Direct de UBSA is a fantastic route with the best pitch being the 4th pitch which is a intimidating traverse to regain the main slab.

The sequence of moves to get onto the slab at the start of the second pitch are not F5. I would say they are around F6a+ and local climbers, apparently, also go with the F6a+ grade.
adam young - 26/Feb/07

2nd pitch - agree 6a+
alan - 14/Jan/10

I've now done the route (2/4/2010), and it is a very worthwhile change from Via Valencianos. I agree that the 3rd pitch is more like 6a+, I placed two wires to protect the delicate traverse back in to the crack; the second pitch was no pushover either, tho bolts protected the very thin lower part of it.

The RockFax states that, on pitch 4, you "trend right up the right-hand bolt line passing occasional fixed gear to gain the great slab" - there are NO bolts here guys! though some stuck wires & tat; it's a vegetated and scary (as looks loose...) pitch; we stopped at the first bolt I encountered on Sensacion de Vivir (6b+) before continuing onto the great slab and joining Via Valencioanos. Trad head was put firmly on!

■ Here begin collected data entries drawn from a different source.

//! What an operator has to know of a value.

ghost use Rattle.std.specs.Prelude.{◌≡◌};
ghost use Rattle.ec_ctypes.specs.views.Types.{ty_view};
ghost use Rattle.ec_typing_defs.specs.Worlds.{World};
ghost use Rattle.ec_resolve_values.specs.conversions.Scalars.{scalar_in, target_size};

use ec_ctypes::{Arith, Ty};

/// A scalar value, as an operator knows it.
#[derive(Clone, Copy, Debug, PartialEq, Eq)]
pub enum Scalar {
    /// A number of this type.
    Integer(Arith),
    /// A pointer to objects of so many bytes.
    Pointer(u64),
}

impl Scalar {
    /// A value of this type, or `None` where the type is no scalar. `size` is that of the objects that a pointer leads to.
    pub fn of(ty: &Ty, size: u64) -> Option<Scalar>
        ensures { (w : World) → size ≡ target_size w (ty_view ty.now)
            → result ≡ scalar_in w (ty_view ty.now) }
    {
        match ty {
            Ty::Void => None,
            Ty::Bool => Some(Scalar::Integer(Arith::Bool)),
            Ty::Char => Some(Scalar::Integer(Arith::Char)),
            Ty::UChar => Some(Scalar::Integer(Arith::UChar)),
            Ty::Short => Some(Scalar::Integer(Arith::Short)),
            Ty::UShort => Some(Scalar::Integer(Arith::UShort)),
            Ty::Int => Some(Scalar::Integer(Arith::Int)),
            Ty::UInt => Some(Scalar::Integer(Arith::UInt)),
            Ty::Long => Some(Scalar::Integer(Arith::Long)),
            Ty::ULong => Some(Scalar::Integer(Arith::ULong)),
            Ty::LLong => Some(Scalar::Integer(Arith::LLong)),
            Ty::ULLong => Some(Scalar::Integer(Arith::ULLong)),
            Ty::Ptr(_) => Some(Scalar::Pointer(size)),
            Ty::Array(_, _) => None,
            Ty::Struct(_) => None,
        }
    }
}
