//! Resolved forms of statements, declarations and programs, as the contracts of functions that do nothing.
#![tactic(auto, unfolding(crate::specs::Expressions::library_literal, crate::specs::Initializers::stored_at, crate::specs::Storage::arrange, crate::specs::Storage::ask, crate::specs::Storage::chain, crate::specs::Storage::checks, crate::specs::Storage::pure, crate::specs::Storage::stored, ec_typing_defs::specs::Embedded::denote, ec_typing_defs::specs::Embedded::members_rule, ec_typing_defs::specs::Embedded::reference_rule, ec_typing_defs::specs::Expressions::begin_struct, ec_typing_defs::specs::Expressions::end_struct, ec_typing_defs::specs::Expressions::member_named, ec_typing_defs::specs::Expressions::tag_rule, ec_typing_defs::specs::Expressions::tagged_struct, ec_typing_defs::specs::Expressions::type_or_fault, ec_typing_defs::specs::Expressions::varchar_member, ec_typing_defs::specs::Expressions::varchar_object, ec_typing_defs::specs::Expressions::varchar_struct, ec_typing_defs::specs::Initializers::braces_rule, ec_typing_defs::specs::Initializers::fixed_rule, ec_typing_defs::specs::Initializers::part_rule, ec_typing_defs::specs::Initializers::slot_rule, ec_typing_defs::specs::Initializers::suits_rule, ec_typing_defs::specs::Operands::address_rule, ec_typing_defs::specs::Operands::arrow_rule, ec_typing_defs::specs::Operands::assign_rule, ec_typing_defs::specs::Operands::binary_rule, ec_typing_defs::specs::Operands::bump_rule, ec_typing_defs::specs::Operands::call_by, ec_typing_defs::specs::Operands::call_rule, ec_typing_defs::specs::Operands::cast_rule, ec_typing_defs::specs::Operands::complete_rule, ec_typing_defs::specs::Operands::compound_rule, ec_typing_defs::specs::Operands::index_rule, ec_typing_defs::specs::Operands::length_rule, ec_typing_defs::specs::Operands::member_rule, ec_typing_defs::specs::Operands::name_rule, ec_typing_defs::specs::Operands::named_by, ec_typing_defs::specs::Operands::scalar_cast, ec_typing_defs::specs::Operands::sign_rule, ec_typing_defs::specs::Operands::size_rule, ec_typing_defs::specs::Operands::target_rule, ec_typing_defs::specs::Operands::typed, ec_typing_defs::specs::Operands::value_rule, ec_typing_defs::specs::Operands::within_rule, ec_typing_defs::specs::Programs::begin_function, ec_typing_defs::specs::Programs::know_function, ec_typing_defs::specs::Programs::main_rule, ec_typing_defs::specs::Programs::plain_param, ec_typing_defs::specs::Programs::result_rule, ec_typing_defs::specs::Statements::condition_rule, ec_typing_defs::specs::Statements::object_rule, ec_typing_defs::specs::Statements::return_nothing, ec_typing_defs::specs::Statements::return_rule, ec_typing_defs::specs::Statements::tag_alone, ec_typing_defs::specs::Worlds::ask, ec_typing_defs::specs::Worlds::chain, ec_typing_defs::specs::Worlds::change, ec_typing_defs::specs::Worlds::declare, ec_typing_defs::specs::Worlds::declare_label, ec_typing_defs::specs::Worlds::demand, ec_typing_defs::specs::Worlds::enter, ec_typing_defs::specs::Worlds::free_name, ec_typing_defs::specs::Worlds::free_tag, ec_typing_defs::specs::Worlds::instead, ec_typing_defs::specs::Worlds::keep_within, ec_typing_defs::specs::Worlds::know_better, ec_typing_defs::specs::Worlds::leave, ec_typing_defs::specs::Worlds::new_struct, ec_typing_defs::specs::Worlds::note, ec_typing_defs::specs::Worlds::number_as, ec_typing_defs::specs::Worlds::place, ec_typing_defs::specs::Worlds::pure, ec_typing_defs::specs::Worlds::set_struct))]
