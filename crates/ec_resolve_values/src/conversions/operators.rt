//! Operators over values that are known as far as operators have to know them (ISO/IEC 9899:1999, 6.5.2.1, 6.5.3.3, 6.5.5
//! to 6.5.14).

ghost use Rattle.std.specs.Prelude.{◌≡◌};
ghost use Rattle.ec_meaning_defs.specs.resolved.Resolved.{Exp};
ghost use Rattle.ec_resolve_values.specs.conversions.Forms.{joined_by, prefixed_by};
ghost use Rattle.ec_resolve_values.specs.conversions.Scalars.{binary_of, element_of, unary_of};

use crate::conversions::integers::integers;
use crate::conversions::joined::Joined;
use crate::conversions::pointers::{of_pointer, of_pointers, of_reversed};
use crate::conversions::prefix::{Prefix, sign};
use crate::conversions::scalar::Scalar;
use ec_code::Binary;
use ec_ctypes::{BinOp, UnOp};
use ec_values::Operation;

/// A binary operator over two values, or `None` where it takes no such values.
pub fn binary(op: BinOp, left: Option<Scalar>, right: Option<Scalar>) -> Option<Joined>
    ensures { (x y : Exp) → joined_by result x y ≡ binary_of op left x right y }
{
    match (left, right) {
        (Some(Scalar::Integer(a)), Some(Scalar::Integer(b))) => integers(op, a, b),
        (Some(Scalar::Pointer(size)), Some(Scalar::Pointer(_))) => of_pointers(op, size),
        (Some(Scalar::Pointer(size)), Some(Scalar::Integer(b))) => of_pointer(op, size, b),
        (Some(Scalar::Integer(a)), Some(Scalar::Pointer(size))) => of_reversed(op, size, a),
        (Some(_), None) => None,
        (None, Some(_)) => None,
        (None, None) => None,
    }
}

/// The address of an element, where a pointer and an integer stand at `[` and `]`, in either order; `None` of other values.
pub fn element(left: Option<Scalar>, right: Option<Scalar>) -> Option<Joined>
    ensures { (x y : Exp) → joined_by result x y ≡ element_of left x right y }
{
    match (left, right) {
        (Some(Scalar::Pointer(size)), Some(Scalar::Integer(_))) => {
            Some(Joined::plain(Binary::Operate(Operation::PointerPlus(size))))
        }
        (Some(Scalar::Integer(_)), Some(Scalar::Pointer(size))) => {
            Some(Joined::plain(Binary::Operate(Operation::PlusPointer(size))))
        }
        (Some(Scalar::Integer(_)), Some(Scalar::Integer(_))) => None,
        (Some(Scalar::Pointer(_)), Some(Scalar::Pointer(_))) => None,
        (Some(_), None) => None,
        (None, Some(_)) => None,
        (None, None) => None,
    }
}

/// `+`, `-`, `~` or `!` of a value, or `None` where it takes no such value.
pub fn unary(op: UnOp, of: Option<Scalar>) -> Option<Prefix>
    ensures { (e : Exp) → prefixed_by result e ≡ unary_of op of e }
{
    match of {
        Some(Scalar::Integer(a)) => sign(op, a),
        Some(Scalar::Pointer(_)) => match op {
            UnOp::Not => Some(Prefix::Inverted),
            _ => None,
        },
        None => None,
    }
}
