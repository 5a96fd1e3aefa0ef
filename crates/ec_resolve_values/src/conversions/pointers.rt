//! Operators over pointers (ISO/IEC 9899:1999, 6.5.6, 6.5.8, 6.5.9, 6.5.13 and 6.5.14).

ghost use Rattle.std.specs.Prelude.{◌≡◌, option_map};
ghost use Rattle.ec_meaning_defs.specs.resolved.Resolved.{Exp};
ghost use Rattle.ec_resolving_defs.specs.Conversions as form;
ghost use Rattle.ec_values.specs.Operations.{operation_view};
ghost use Rattle.ec_resolve_values.specs.conversions.Forms.{converted, joined_by};

use crate::conversions::conversion::{Conversion, to_pointer};
use crate::conversions::integers::comparison_of;
use crate::conversions::joined::Joined;
use ec_code::Binary;
use ec_ctypes::{Arith, BinOp};
use ec_values::Operation;

/// A comparison of two values that are converted so.
fn compared(op: BinOp, left: Conversion, right: Conversion) -> Option<Joined>
    ensures { (x y : Exp) → joined_by result x y
        ≡ form.compared (form.comparison_of op) (converted left x) (converted right y) }
{
    match comparison_of(op) {
        Some(comparison) => Some(Joined {
            left,
            right,
            step: Binary::Operate(Operation::Compare(comparison)),
        }),
        None => None,
    }
}

/// Over two pointers, of which the first leads to objects of this size.
pub(crate) fn of_pointers(op: BinOp, size: u64) -> Option<Joined>
    ensures { (x y : Exp) → joined_by result x y ≡ form.pointers_exp op size x y }
{
    match op {
        BinOp::And => Some(Joined::plain(Binary::Both)),
        BinOp::Or => Some(Joined::plain(Binary::Either)),
        BinOp::Sub => Some(Joined::plain(Binary::Operate(Operation::PointersApart(size)))),
        _ => compared(op, Conversion::Kept, Conversion::Kept),
    }
}

/// Over a pointer to objects of this size and an integer, which moves it or is a null pointer.
pub(crate) fn of_pointer(op: BinOp, size: u64, right: Arith) -> Option<Joined>
    ensures { (x y : Exp) → joined_by result x y ≡ form.pointer_exp op size x right y }
{
    match op {
        BinOp::And => Some(Joined::plain(Binary::Both)),
        BinOp::Or => Some(Joined::plain(Binary::Either)),
        BinOp::Add => Some(Joined::plain(Binary::Operate(Operation::PointerPlus(size)))),
        BinOp::Sub => Some(Joined::plain(Binary::Operate(Operation::PointerMinus(size)))),
        _ => compared(op, Conversion::Kept, to_pointer(right)),
    }
}

/// Over an integer, which moves it or is a null pointer, and a pointer to objects of this size.
pub(crate) fn of_reversed(op: BinOp, size: u64, left: Arith) -> Option<Joined>
    ensures { (x y : Exp) → joined_by result x y ≡ form.reversed_exp op size left x y }
{
    match op {
        BinOp::And => Some(Joined::plain(Binary::Both)),
        BinOp::Or => Some(Joined::plain(Binary::Either)),
        BinOp::Add => Some(Joined::plain(Binary::Operate(Operation::PlusPointer(size)))),
        _ => compared(op, to_pointer(left), Conversion::Kept),
    }
}

/// What `+=` or `-=` does to a pointer to objects of this size.
pub(crate) fn pointer_step(op: BinOp, size: u64) -> Option<Operation>
    ensures { option_map operation_view result ≡ form.pointer_step op size }
{
    match op {
        BinOp::Add => Some(Operation::PointerPlus(size)),
        BinOp::Sub => Some(Operation::PointerMinus(size)),
        _ => None,
    }
}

It was a most rewarding and also un-crowded route to do, but if you can't lead 6a+ on the single pitch sports stuff, or lead VS/HVS on gear, steer clear - I passed an abandoned screwgate where a previous party had baled out on the run-out crux (5+) pitch ....
Phil Murray - 05/Apr/10

Did it last week. Definitely harder compared to Valencianos, but also much more fun. First pitch - 4. Second pitch is absolutely the hardest, 6a+ is probably a bit too much, but definitely not just a "5". Third pitch requires trad gear placement (which is not difficult to find) but climbing itself is a touch easier, 5c-5c+, I'd say. Kevlar threads come in handy on both this one and the next. I didn't feel the fourth one to be that loose or scary, but it's true - there are no bolts until on the slab.
Alexey Dolinin - 28/Jun/10

"Hardest" was probably a wrong word as regards the second pitch - technically dificult is more appropriate.